The final posterior distribution represents the combination of our prior beliefs with all three pieces of archaeological evidence. The high point, or 'maximum a posteriori' - occurs at around 150AD. This is the time at which we are most confident that the village must have been inhabited. Intuitively this makes sense, since this year is strongly represented in both the statue & the coin evidence.

The Bayesian method also, happily, delivers more than a point estimate of a single year. The final posterior distribution quantifies our belief of how likely the village was inhabited across the centuries. This is a very useful output, from which we can make further statements such as 95% credibility ranges or high likelihood periods.

Concluding remarks

This has been an extremely simple example of Bayesian reasoning, but one that has helped me to develop my intuition about how Bayes theorm can be used to 'learn' or 'adapt' to new evidence. I find the deductive reasoning analogy helpful.

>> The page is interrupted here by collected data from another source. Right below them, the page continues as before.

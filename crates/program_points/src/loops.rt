// Edges of loops.
ghost use Rattle.std.specs.Prelude.{◌≡◌, ◌++◌, OnOk, []};
ghost use Rattle.program_points.specs.Chosen.{pieces_of};
ghost use Rattle.program_points.specs.Pieces.{exprs, stmts};
ghost use Rattle.program_points.specs.Rows as rows;
ghost use Rattle.program_points.specs.Rows.{head_of};

use crate::chains::{add, first_of, first_or, last_or, next_of, run};
use crate::file_edge::FileEdge;
use crate::piece::{Piece, Which};
use crate::point::Point;
use crate::words::{behind, has_word, up_to};
use std::alloc::AllocError;

/// The condition, then the statements, and again.
pub(crate) fn while_loop(
    edges: &mut Vec<FileEdge>,
    node: u32,
    pieces: &[Piece],
) -> Result<(), AllocError>
    ensures { OnOk result (edges.new.items ≡ edges.old.items
        ++ rows.while_loop node (exprs (pieces_of pieces.now)) (stmts (pieces_of pieces.now))) }
{
    let start = Point::Before(node);
    let body = first_or(Which::Stmts, pieces, start);
    let again = first_or(Which::Exprs, pieces, body);
    let tested = run(edges, node, start, Which::Exprs, pieces)?;
    let passed = run(edges, node, tested, Which::Stmts, pieces)?;
    add(edges, node, passed, again)?;
    add(edges, node, tested, Point::After(node))?;
    Ok(())
}

/// The statements, then the condition, and again.
pub(crate) fn do_loop(
    edges: &mut Vec<FileEdge>,
    node: u32,
    pieces: &[Piece],
) -> Result<(), AllocError>
    ensures { OnOk result (edges.new.items ≡ edges.old.items
        ++ rows.do_loop node (stmts (pieces_of pieces.now)) (exprs (pieces_of pieces.now))) }
{
    let start = Point::Before(node);
    let test = first_or(Which::Exprs, pieces, start);
    let again = first_or(Which::Stmts, pieces, test);
    let passed = run(edges, node, start, Which::Stmts, pieces)?;
    let end = run(edges, node, passed, Which::Exprs, pieces)?;
    add(edges, node, end, again)?;
    let tested = last_or(Which::Exprs, pieces, start);
    add(edges, node, tested, Point::After(node))?;
    Ok(())
}

// The way on from a test, where there is one.
fn exit_of(edges: &mut Vec<FileEdge>, node: u32, tests: &[Piece]) -> Result<(), AllocError>
    ensures { OnOk result (edges.new.items ≡ edges.old.items ++ rows.exit_of node (exprs (pieces_of tests.now))) }
{
    match next_of(Which::Exprs, tests) {
        None => Ok(()),
        Some((test, behind)) => {
            let last = last_or(Which::Exprs, behind, Point::After(test));
            add(edges, node, last, Point::After(node))?;
            Ok(())
        }
    }
}

// The first step that a `for` repeats: of its conditions, its statements, or its last part.
#[tactic(auto, using(crate::proofs::ChainLemmas::head_append))]
fn repeated(tests: &[Piece], statements: &[Piece], steps: &[Piece]) -> Option<u32>
    ensures { result ≡ head_of (exprs (pieces_of tests.now)
        ++ stmts (pieces_of statements.now) ++ exprs (pieces_of steps.now)) }
{
    match first_of(Which::Exprs, tests) {
        Some(first) => Some(first),
        None => match first_of(Which::Stmts, statements) {
            Some(first) => Some(first),
            None => first_of(Which::Exprs, steps),
        },
    }
}

// First ones; then conditions, statements and steps, and again.
fn for_loop(
    edges: &mut Vec<FileEdge>,
    node: u32,
    first: &[Piece],
    tests: &[Piece],
    statements: &[Piece],
    steps: &[Piece],
) -> Result<(), AllocError>
    ensures { OnOk result (edges.new.items ≡ edges.old.items ++ rows.for_loop node (exprs (pieces_of first.now))
        (exprs (pieces_of tests.now)) (stmts (pieces_of statements.now)) (exprs (pieces_of steps.now))) }
{
    let begun = run(edges, node, Point::Before(node), Which::Exprs, first)?;
    let again = match repeated(tests, statements, steps) {
        None => return Ok(()),
        Some(again) => again,
    };
    let tested = run(edges, node, begun, Which::Exprs, tests)?;
    let passed = run(edges, node, tested, Which::Stmts, statements)?;
    let stepped = run(edges, node, passed, Which::Exprs, steps)?;
    add(edges, node, stepped, Point::Before(again))?;
    exit_of(edges, node, tests)?;
    Ok(())
}

/// The three parts of a `for`, and its statements.
pub(crate) fn for_of(
    edges: &mut Vec<FileEdge>,
    node: u32,
    pieces: &[Piece],
) -> Result<(), AllocError>
    ensures { OnOk result (edges.new.items ≡ edges.old.items ++ rows.for_of node (pieces_of pieces.now)) }
{
    let rest = behind(b";", pieces);
    let tests = up_to(b";", rest);
    let steps = behind(b";", rest);
    for_loop(edges, node, up_to(b";", pieces), tests, pieces, steps)?;
    Ok(())
}

/// The targets of a `foreach`, in the order in which they are written.
pub(crate) fn targets<'a, 'b>(pieces: &'b [Piece<'a>]) -> (&'b [Piece<'a>], &'b [Piece<'a>])
    ensures { exprs (pieces_of result.0.now)
        ++ exprs (pieces_of result.1.now) ++ stmts (pieces_of pieces.now) ≡ rows.passes (pieces_of pieces.now) }
{
    let all = behind(b"as", pieces);
    if has_word(b"=>", all) {
        return (behind(b"=>", all), up_to(b"=>", all));
    }
    (all, none_of(all))
}

// No pieces.
fn none_of<'a, 'b>(pieces: &'b [Piece<'a>]) -> &'b [Piece<'a>]
    ensures { result.now ≡ [] }
{
    let (none, _) = pieces.split_at(0);
    none
}

/// The subject, and then each pass.
pub(crate) fn foreach_of(
    edges: &mut Vec<FileEdge>,
    node: u32,
    pieces: &[Piece],
) -> Result<(), AllocError>
    ensures { OnOk result (edges.new.items ≡ edges.old.items ++ rows.foreach_of node (pieces_of pieces.now)) }
{
    let subject = up_to(b"as", pieces);
    let (value, key) = targets(pieces);
    let begun = run(edges, node, Point::Before(node), Which::Exprs, subject)?;
    let again = match first_pass(value, key, pieces) {
        None => {
            add(edges, node, begun, Point::After(node))?;
            return Ok(());
        }
        Some(again) => again,
    };
    let written = run(edges, node, begun, Which::Exprs, value)?;
    let ready = run(edges, node, written, Which::Exprs, key)?;
    let passed = run(edges, node, ready, Which::Stmts, pieces)?;
    add(edges, node, passed, Point::Before(again))?;
    add(edges, node, begun, Point::After(node))?;
    add(edges, node, passed, Point::After(node))?;
    Ok(())
}

/// The first step of a pass of a `foreach`: of its targets, or of its statements.
#[tactic(auto, using(crate::proofs::ChainLemmas::head_append))]
pub(crate) fn first_pass(value: &[Piece], key: &[Piece], statements: &[Piece]) -> Option<u32>
    ensures { result ≡ head_of (exprs (pieces_of value.now)
        ++ exprs (pieces_of key.now) ++ stmts (pieces_of statements.now)) }
{
    match first_of(Which::Exprs, value) {
        Some(first) => Some(first),
        None => match first_of(Which::Exprs, key) {
            Some(first) => Some(first),
            None => first_of(Which::Stmts, statements),
        },
    }
}
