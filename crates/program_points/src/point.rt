// Points of a file.

/// Where evaluation may stand: before or behind a node of a file, by its number there.
#[derive(Clone, Copy)]
pub enum Point {
    Before(u32),
    After(u32),
}
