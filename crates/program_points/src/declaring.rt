// Edges of functions, and of `static`.
ghost use Rattle.std.specs.Prelude.{◌≡◌, ◌++◌, IfOk, OnOk};
ghost use Rattle.program_points.specs.Chosen.{chosen, piece_to, pieces_of};
ghost use Rattle.program_points.specs.Edges as spec;
ghost use Rattle.program_points.specs.Pieces.{defaults, end, exprs};
ghost use Rattle.program_points.specs.Rows as rows;

use crate::chains::{add, first_of, in_order, next_of, run};
use crate::file_edge::FileEdge;
use crate::kinds::is_param;
use crate::piece::{Piece, Which};
use crate::point::Point;
use crate::reading::read_inner;
use std::alloc::{AllocError, Global};

/// Initial values are evaluated once, and later left out.
pub(crate) fn statics_of(
    edges: &mut Vec<FileEdge>,
    node: u32,
    pieces: &[Piece],
) -> Result<(), AllocError>
    ensures { OnOk result (edges.new.items ≡ edges.old.items ++ spec.statics_of node (exprs (pieces_of pieces.now))) }
{
    in_order(edges, node, Which::Exprs, pieces)?;
    match next_of(Which::Exprs, pieces) {
        None => Ok(()),
        Some(_) => {
            add(edges, node, Point::Before(node), Point::After(node))?;
            Ok(())
        }
    }
}

// What the pieces of a parameter are, behind others: only its default is meant.
fn add_default<'a>(all: &mut Vec<Piece<'a>>, piece: Piece<'a>) -> Result<(), AllocError>
    ensures { OnOk result (exprs (pieces_of all.new.items) ≡ exprs (pieces_of all.old.items)
        ++ defaults (piece_to piece.entry end)) }
{
    match piece {
        Piece::Word(_) | Piece::Expr(_) | Piece::Stmt(_) => Ok(()),
        Piece::Other(kind, _, parts) => {
            if !is_param(kind) {
                return Ok(());
            }
            read_inner(all, parts)?;
            Ok(())
        }
    }
}

// The defaults of parameters.
#[tactic(auto, using(crate::proofs::DeclaringLemmas::defaults_piece))]
fn defaults_of<'a>(alloc: Global, pieces: &[Piece<'a>]) -> Result<Vec<Piece<'a>>, AllocError>
    ensures { IfOk result (λ all. exprs (pieces_of all.items) ≡ defaults (pieces_of pieces.now)) }
{
    let mut all = Vec::new(alloc);
    let mut left = pieces;
    while let [piece, behind @ ..] = left {
        add_default(&mut all, *piece)?;
        left = behind;
    }
    Ok(all)
}

// From a default on, and then the body.
fn from_default(
    edges: &mut Vec<FileEdge>,
    node: u32,
    default: u32,
    behind: &[Piece],
    which: Which,
    pieces: &[Piece],
) -> Result<(), AllocError>
    ensures { OnOk result (edges.new.items ≡ edges.old.items
        ++ rows.from_default node default (exprs (pieces_of behind.now)) (chosen which (pieces_of pieces.now))) }
{
    let last = run(edges, node, Point::After(default), Which::Exprs, behind)?;
    match first_of(which, pieces) {
        None => Ok(()),
        Some(first) => {
            add(edges, node, last, Point::Before(first))?;
            Ok(())
        }
    }
}

/// The defaults in turn, and then the body.
pub(crate) fn then_body<'a>(
    alloc: Global,
    edges: &mut Vec<FileEdge>,
    node: u32,
    which: Which,
    pieces: &[Piece<'a>],
) -> Result<(), AllocError>
    ensures { OnOk result (edges.new.items ≡ edges.old.items
        ++ rows.then_body node (defaults (pieces_of pieces.now)) (chosen which (pieces_of pieces.now))) }
{
    let defaults = defaults_of(alloc, pieces)?;
    match next_of(Which::Exprs, defaults.as_slice()) {
        None => Ok(()),
        Some((default, behind)) => {
            from_default(edges, node, default, behind, which, pieces)?;
            Ok(())
        }
    }
}

/// A declaration, with what its parameters and its body begin with.
pub(crate) fn declared<'a>(
    alloc: Global,
    edges: &mut Vec<FileEdge>,
    node: u32,
    which: Which,
    pieces: &[Piece<'a>],
) -> Result<(), AllocError>
    ensures { OnOk result (edges.new.items ≡ edges.old.items
        ++ spec.declared node (defaults (pieces_of pieces.now)) (chosen which (pieces_of pieces.now))) }
{
    add(edges, node, Point::Before(node), Point::After(node))?;
    then_body(alloc, edges, node, which, pieces)?;
    Ok(())
}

This is one advantage of Bayesian modelling. Without getting into the Bayesian vs. Frequentist debate, let's agree that Bayesian methods offer certain advantages in certain circumstances. I think the sensible position is a pragmatic one, and both camps have tools that are useful for machine learning. For the reader who is still scratching their head about when to consider a Bayesian approach, let me point out three strengths:

  • Small-to-medium data: With all the hubbub about big data, we lose sight of the fact that we are very often working with small data. From a statistician's point-of-view, big data is a luxury: you can throw all sorts of techniques at it and you don't need to worry about robustness. The typical student of machine learning will naturally be cavalier about modelling because they are used to working with sample sizes so large that they need only worry about relative performance of their models. Sure enough, I've heard machine learning described as 'statistics minus any checking of models and assumptions'. When we work with small data, we worry about squeezing as much information as we can out of the few datapoints we have. This is where Bayesian approaches are advantageous, as they provide a means (the prior) to bring contextual expertise in to supplement the data.
  • Learning mechanim: Where many Frequentist techniques require complete refitting to incorporate new observations, Bayes' theorem provides a convenient mechanism for updating models. This is something I'll explore in future posts.
  • Probability distributions for parameters: Where Frequentist techniques typically return only point estimates of parameters, Bayesian methods work with probability distributions. This can be very useful, depending on the context. Here in the case of archaeology it is obviously useful. Another context where it can be useful is where there are cost/benefit decisions to be made.